CapMan Oyj
- Type: Julkinen osakeyhtiö
- Traded as: Nasdaq Helsinki: CAPMAN
- Headquarters: Helsinki, Finland
- Key people: Pia Kåll, CEO; Joakim Frimodig, Chair
- Revenue: 67.5 million euros (2022)
- Operating income: 55.7 million euros (2022)
- Number of employees: 186 (2022)
- Website: www.capman.com

= CapMan =

Finnish private equity fund manager

CapMan Oyj, founded in 1989 and headquartered in Helsinki, Finland, is a Finnish private equity fund manager listed in Helsinki Stock Exchange. CapMan manages funds with capital raised mainly from European institutional investors, such as pension funds and insurance companies, endowments, family offices, funds of funds and public institutions. CapMan has three key investment areas – Private Equity, Real Estate and Infrastructure. Altogether, CapMan employs around 190 professionals in Helsinki, Stockholm, Copenhagen, Oslo, Luxembourg and London.

==History==

In 2014, during CapMan's 25th anniversary, a book called "Into the driver's seat - Stories about entrepreneurs and CapMan" was written by journalist Marko Erola from Talouselämä magazine.

==Investment areas==
CapMan has three key investment areas - Private Equity, Real Estate, and Infrastructure - each of which has its own dedicated investment teams and funds.

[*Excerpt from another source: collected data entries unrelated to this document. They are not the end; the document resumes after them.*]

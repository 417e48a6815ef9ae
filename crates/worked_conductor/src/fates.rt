//! Cycles with answers that are lost, come twice, or come late, and with an edit every hundred cycles.

use crate::lines::{FRAME, are_written};
use crate::working::{STEPS, byte_of, moment_of};
use hc_conductor::conductor::Conductor;
use hc_events::answer::{Answer, Outcome};
use hc_records::edit::Edit;
use hc_records::limits::TASKS;
use std::alloc::Global;
use std::sync::Wait;

/// Cycles from one edit to the next.
const CYCLES: u32 = 100;

/// The offset of the datagram's data in a frame.
const DATA: usize = 26;

/// The fate of an answer.
#[derive(Clone, Copy)]
enum Fate {
    /// The answer comes before anything else is sent.
    InTime,
    /// The answer never comes.
    Lost,
    /// The answer comes in time, and once more.
    Twice,
    /// The answer comes in the next cycle, before anything is sent there.
    Late,
    /// The answer comes in the next cycle, after its task was sent again.
    TooLate,
}

/// An answer that comes in the next cycle.
#[derive(Clone, Copy)]
struct Late {
    frame: [u8; FRAME],
    task: u8,
    too_late: bool,
}

/// The state of a master beside its conductor: the number drawn last, an answer that is late, and the number of posts taken.
#[derive(Clone, Copy)]
pub struct Master {
    drawn: u64,
    late: Option<Late>,
    taken: u64,
}

impl Master {
    /// Nothing was drawn from this seed, nothing is late, and nothing was taken.
    pub fn of(seed: u64) -> Master {
        Master {
            drawn: seed,
            late: None,
            taken: 0,
        }
    }

    /// The number of posts taken, accepted or refused.
    pub fn taken(&self) -> u64 {
        self.taken
    }

    /// Draws the fate of an answer.
    fn fate(&mut self) -> Fate {
        let mut drawn = self.drawn;
        drawn ^= drawn << 13;
        drawn ^= drawn >> 7;
        drawn ^= drawn << 17;
        self.drawn = drawn;
        match drawn % 16 {
            0 => Fate::Lost,
            1 => Fate::Twice,
            2 => Fate::Late,
            3 => Fate::TooLate,
            _ => Fate::InTime,
        }
    }

    /// Takes the tasks' posts.
    pub fn take_posts(&mut self, conductor: &mut Conductor) {
        let taken = conductor.take_posts();
        let all = u64::from(taken.accepted).wrapping_add(u64::from(taken.refused));
        self.taken = self.taken.wrapping_add(all);
    }
}

/// A frame arrives. Some if it brings the inputs of the wanted task, or is stale if no task is wanted.
fn come(alloc: Global, conductor: &mut Conductor, frame: &[u8], wanted: Option<u8>) -> Option<()> {
    let came = match conductor.arrive(alloc, frame) {
        Answer::Stale => None,
        Answer::Answered(outcomes) => match outcomes.as_slice() {
            [Outcome::Inputs { task, datagram: 0 }] => Some(*task),
            _ => return None,
        },
        _ => return None,
    };
    if came == wanted { Some(()) } else { None }
}

/// Makes the slaves' answer of a task's frame: each byte of its inputs is the step's, and its counter the expected one.
pub fn answer(conductor: &Conductor, task: u8, step: u8, frame: &mut [u8]) -> Option<()> {
    let plan = conductor.core().plan();
    let datagram = plan.places().datagram(task, 0)?;
    let (outputs, _) = plan.places().part(task);
    let end = DATA + usize::from(datagram.length);
    let inputs = frame.get_mut(DATA + usize::from(outputs)..end)?;
    inputs.fill(byte_of(plan.epoch(), step));
    let [low, _] = datagram.expected.to_le_bytes();
    *frame.get_mut(end)? = low;
    Some(())
}

/// Sends a task. Its answer has this fate.
fn exchange(
    alloc: Global,
    conductor: &mut Conductor,
    master: &mut Master,
    task: u8,
    step: u8,
    fate: Fate,
) -> Option<()> {
    let mut frame = [0; FRAME];
    if conductor.send(alloc, &[task], &mut frame).is_err() {
        return None;
    }
    answer(conductor, task, step, &mut frame)?;
    match fate {
        Fate::InTime => come(alloc, conductor, &frame, Some(task)),
        Fate::Lost => Some(()),
        Fate::Twice => {
            come(alloc, conductor, &frame, Some(task))?;
            come(alloc, conductor, &frame, None)
        }
        Fate::Late | Fate::TooLate => {
            let too_late = matches!(fate, Fate::TooLate);
            master.late = Some(Late {
                frame,
                task,
                too_late,
            });
            Some(())
        }
    }
}

/// Sends all tasks. The fates of the answers are drawn.
fn exchange_all(
    alloc: Global,
    conductor: &mut Conductor,
    master: &mut Master,
    step: u8,
) -> Option<()> {
    for task in 0..TASKS {
        let fate = master.fate();
        exchange(alloc, conductor, master, task, step, fate)?;
    }
    Some(())
}

/// Sends all tasks. All answers come in time.
fn exchange_last(alloc: Global, conductor: &mut Conductor, master: &mut Master) -> Option<()> {
    for task in 0..TASKS {
        exchange(alloc, conductor, master, task, STEPS - 1, Fate::InTime)?;
    }
    Some(())
}

/// Connects or disconnects the feeder, in turn, and writes all owed blocks.
fn edited(alloc: Global, conductor: &mut Conductor) -> Option<()> {
    let edit = if conductor.core().plan().epoch() % 2 == 0 {
        Edit::Connect(200)
    } else {
        Edit::Disconnect(200)
    };
    let Answer::Edited { .. } = conductor.edit(alloc, &edit) else {
        return None;
    };
    let owed = conductor.core().owed();
    are_written(alloc, conductor, owed).then_some(())
}

/// Plays a cycle. An edit comes first if an epoch's hundred cycles are over.
fn play<R: Wait>(
    rt: &R,
    alloc: Global,
    conductor: &mut Conductor,
    master: &mut Master,
    cycle: u32,
) -> Option<()> {
    let number = cycle % CYCLES;
    let begins = number == 0 && cycle > 0;
    if begins {
        edited(alloc, conductor)?;
    }
    let late = master.late.take();
    if let Some(late) = late {
        if !late.too_late {
            let wanted = if begins { None } else { Some(late.task) };
            come(alloc, conductor, &late.frame, wanted)?;
        }
    }
    master.take_posts(conductor);
    exchange_all(alloc, conductor, master, (number / 4) as u8)?;
    if let Some(late) = late {
        if late.too_late {
            come(alloc, conductor, &late.frame, None)?;
        }
    }
    conductor.publish(rt, alloc).ok()
}

/// Plays the cycles with these numbers. The first edit comes after a hundred cycles.
pub fn play_all<R: Wait>(
    rt: &R,
    alloc: Global,
    conductor: &mut Conductor,
    master: &mut Master,
    first: u32,
    after_it: u32,
) -> Option<()> {
    for cycle in first..after_it {
        play(rt, alloc, conductor, master, cycle)?;
    }
    Some(())
}

/// Plays a last cycle, in which all answers come in time, and returns its moment.
pub fn play_last<R: Wait>(
    rt: &R,
    alloc: Global,
    conductor: &mut Conductor,
    master: &mut Master,
) -> Option<u64> {
    exchange_last(alloc, conductor, master)?;
    conductor.publish(rt, alloc).ok()?;
    Some(moment_of(conductor.core().plan().epoch(), Some(STEPS - 1)))
}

- Private Equity includes CapMan Buyout, which invests in unlisted Nordic mid-market companies in various industries; CapMan Growth, which makes minority investments in Nordic growth companies; CapMan Special Situations, which invests in turnarounds and restructurings, and CapMan Credit, which invests in private debt.
- Real Estate manages private equity real estate funds and mandates, which invest in office, retail, residential and hotel properties, in the Nordic countries.
- Infra invests in Nordic mid-cap infrastructure assets, focusing on energy, transportation and digital communications assets.

==Investments==
Targets for CapMan's investment partnerships are mainly Nordic unlisted companies, real estate and infrastructure assets.

In December 2012, CapMan became a signatory of the UN Principles for Responsible Investment (UN PRI).

Over the years, CapMan has made investments in dozens of different companies, amongst others Norled, Cederroth, Esperi Care, Design-Talo, Lumene, Kämp Group, The North Alliance, Walki, Komas Ltd, LämpöLux and Havator Group.

CapMan has Euro 5 billion of capital under management.

==Ownership==
Half of CapMan's shares are owned by Finnish households. The largest owner is Silvertärnan Ab. Other large shareholders include Ilmarinen Mutual Pension Insurance Company, Varma Mutual Pension Insurance Company and The State Pension Fund. Approximately four per cent is owned by management.